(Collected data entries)
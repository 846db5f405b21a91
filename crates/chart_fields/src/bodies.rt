// A head's and a step's body: what it holds, and what it is refused for.
ghost use Rattle.std.specs.Prelude.{◌≡◌, ◌≤◌, ◌<◌, eqb, length};
ghost use Rattle.definitions.specs.Basics.{pick};
ghost use Rattle.definitions.specs.Fields.{two, four};
ghost use Rattle.definitions.specs.Charts.{grouped, head_fault, group_fault, step_fault, rounded};
ghost use Rattle.definitions.specs.Refusals.{fault_number};
ghost use Rattle.chart_fields.specs.Bodies.{head_body, Long, step_body};

use crate::kinds::StepKind;
use definitions::Refusal;
use field_numbers::{read_u16, read_u32};

// Whether a head's body keeps its limits.
pub fn check_head(b: &[u8]) -> Result<(), Refusal>
    requires { length b.now ≡ 6 }
    ensures { fault_number result ≡ head_fault b.now }
{
    let stages = read_u16(b, 0);
    if stages == 0 {
        return Err(Refusal::HeadLimit);
    }
    if 256 < stages {
        return Err(Refusal::HeadLimit);
    }
    let start = read_u16(b, 2);
    if stages <= start {
        return Err(Refusal::HeadLimit);
    }
    let end = read_u16(b, 4);
    if stages <= end {
        return Err(Refusal::HeadLimit);
    }
    Ok(())
}

// What a head's body holds.
#[derive(Clone, Copy)]
pub struct HeadBody {
    pub stages: u16,
    pub start: u16,
    pub end: u16,
}

pub fn head_of(b: &[u8]) -> HeadBody
    requires { length b.now ≡ 6 }
    ensures { result ≡ head_body b.now }
{
    HeadBody {
        stages: read_u16(b, 0),
        start: read_u16(b, 2),
        end: read_u16(b, 4),
    }
}

// Whether a step may name its group where the step before is of the group `last`.
fn check_group(b: &[u8], last: u16) -> Result<(), Refusal>
    requires { 10 ≤ length b.now }
    ensures { fault_number result ≡ group_fault last b.now }
{
    let group = read_u16(b, 8);
    if 1023 < group {
        return Err(Refusal::GroupLimit); // no group has such a number
    }
    if group < last {
        return Err(Refusal::GroupLimit); // out of order
    }
    Ok(())
}

// Whether a step's body keeps its limits after `count` steps, the last of which leaves the stage `last` and is of the group
// `group`. The value is judged as the file has it, before it is rounded.
pub fn check_step(
    b: &[u8],
    stages: u16,
    tag: u8,
    last: u16,
    group: u16,
    count: usize,
) -> Result<(), Refusal>
    requires { Long tag b.now }
    ensures { fault_number result ≡ step_fault stages tag last group count b.now }
{
    if 1024 <= count {
        return Err(Refusal::StepOrder); // the 1,025th
    }
    let from = read_u16(b, 0);
    let to = read_u16(b, 2);
    let value = read_u32(b, 4);
    if to <= from {
        return Err(Refusal::StepTarget); // not to a higher stage
    }
    if stages <= to {
        return Err(Refusal::StepTarget); // to no stage of the chart
    }
    if from < last {
        return Err(Refusal::StepOrder); // out of order
    }
    if 1000000 < value {
        return Err(Refusal::DearStep); // too dear
    }
    if tag == StepKind::Grouped.tag() {
        return check_group(b, group);
    }
    Ok(())
}

// What a step costs that has this value in the file: whole ticks of 50.
fn rounded_cost(value: u32) -> u32
    requires { value ≤ 1000000 }
    ensures { result ≡ rounded value }
{
    (value + 49) / 50 * 50
}

// What the body of a step holds, its cost rounded.
#[derive(Clone, Copy)]
pub struct StepBody {
    pub tag: u8,
    pub from: u16,
    pub to: u16,
    pub cost: u32,
    pub group: u16,
}

// The group of step e: the one that it names, or its own number.
fn group_in(b: &[u8], tag: u8, e: usize) -> u16
    requires { Long tag b.now × (e < 1024) }
    ensures { result ≡ pick (eqb tag grouped) (two b.now 8) e }
{
    if tag == StepKind::Grouped.tag() {
        return read_u16(b, 8);
    }
    e as u16
}

pub fn step_of(b: &[u8], tag: u8, e: usize) -> StepBody
    requires long { Long tag b.now × (e < 1024) }
    requires cheap { four b.now 4 ≤ 1000000 }
    ensures { result ≡ step_body tag e b.now }
{
    StepBody {
        tag,
        from: read_u16(b, 0),
        to: read_u16(b, 2),
        cost: rounded_cost(read_u32(b, 4)),
        group: group_in(b, tag, e),
    }
}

▸ What is being asked: Go through the records line by line, and copy each line that holds the string "count".

▸ Answer section:
// Whether a step's body keeps its limits after `count` steps, the last of which leaves the stage `last` and is of the group
    count: usize,
    ensures { fault_number result ≡ step_fault stages tag last group count b.now }
    if 1024 <= count {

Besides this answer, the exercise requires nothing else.